C++ – Fastest C++ XML parsing library

clibrariesparsingtext processingxml

I have thousands of .xml files from size 1MB-45MB (no DTDs). I need to parse and further manipulate these XML files before generating separate .xml files with the results of my regex.

What the fastest open-source XML parsing library for C++? Aside from the parsing library, what other approaches can I use to speed up XML parsing?

Best Answer

RapidXml is an attempt to create the fastest XML parser possible, while retaining useability, portability and reasonable W3C compatibility. It is an in-situ parser written in modern C++, with parsing speed approaching that of strlen function executed on the same data.

http://rapidxml.sourceforge.net/

Maybe you could start comparing Expat with this one? Expat is known to be really efficient on speed. RapidXml is used as backend of some boost libraries, mostly Boost.PropertyTree.

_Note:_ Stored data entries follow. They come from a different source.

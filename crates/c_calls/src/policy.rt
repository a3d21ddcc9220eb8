// Policies as C has them.
ghost use Rattle.std.specs.Prelude.{◌≡◌, ◌<◌, ◌≤◌, length, map, take, MatchResult};
ghost use Rattle.protocol.specs.declared.refusal.Refusal.TheVariants.{TooMany};
ghost use Rattle.c_calls.specs.Policies.{policy_of, policies_of};

use protocol::{Object, Policy, Refusal};

/// A policy in three numbers: of kind 0 its object is the cell of that number, of kind 1 the policy. Any other kind names no object.
#[repr(C)]
#[derive(Clone, Copy, PartialEq, Eq, Debug)]
pub struct PolicyEntry {
    /// Who may use the policy.
    pub subject: u16,
    pub kind: u16,
    pub number: u16,
}

// The header's struct setxulda_policy: three numbers of two bytes, with nothing between or behind them.
const _: () = prove!(size_of::<PolicyEntry>() == 6);

const _: () = prove!(align_of::<PolicyEntry>() == 2);

// What any other kind names: there are never so many policies.
const NOTHING: Object = Object::OfPolicy(65_535);

impl From<PolicyEntry> for Policy {
    ghost from_gives = { λ entry policy. policy ≡ policy_of entry };

    fn from(entry: PolicyEntry) -> Policy {
        let object = match entry.kind {
            0 => Object::OfCell(entry.number),
            1 => Object::OfPolicy(entry.number),
            _ => NOTHING,
        };
        Policy {
            subject: entry.subject,
            object,
        }
    }
}

// Writes the policies of the entries to the first places.
fn fill(places: &mut [Policy], entries: &[PolicyEntry])
    requires { length entries.now ≤ length places.old }
    ensures { take (length entries.now) places.new ≡ policies_of entries.now }
{
    for (at, entry) in entries.iter().enumerate() {
        places[at] = Policy::from(*entry);
    }
}

// The first policies of the places. They need no heap, and set-up refuses any more.
#[derive(Drop)]
pub(crate) struct PolicyList {
    places: [Policy; 64],
    count: usize,
    ghost within: { count ≤ 64 },
}

impl PolicyList {
    pub(crate) fn new(entries: &[PolicyEntry]) -> Result<PolicyList, Refusal>
        ensures { MatchResult result (λ list. take list.count list.places ≡ policies_of entries.now) (λ e. (e ≡ TooMany) × (64 < length entries.now)) }
    {
        let count = entries.len();
        if count > 64 {
            return Err(Refusal::TooMany);
        }
        let nobody = Policy {
            subject: 0,
            object: NOTHING,
        };
        let mut places = [nobody; 64];
        fill(&mut places, entries);
        Ok(PolicyList { places, count })
    }

    pub(crate) fn as_slice(&self) -> &[Policy]
        ensures { result.now ≡ take self.now.count self.now.places }
    {
        &self.places[..self.count]
    }
}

Also, I think maybe a more xml-scheme-specific approach could (maybe) be more efficient because of knowledge of the structure of the code. Such claim is just a supposition but if you're interested, CodeSynthesis provide a C++ code generators that takes an xsd file as input. The resulting parsing code might be more helpful... if you take time to define your format in an xsd. There are other similar tools available but it's the one I'm using for my last project. Those tools are mostly based on xerces but you can generate code that is independent. No idea about the performance impact.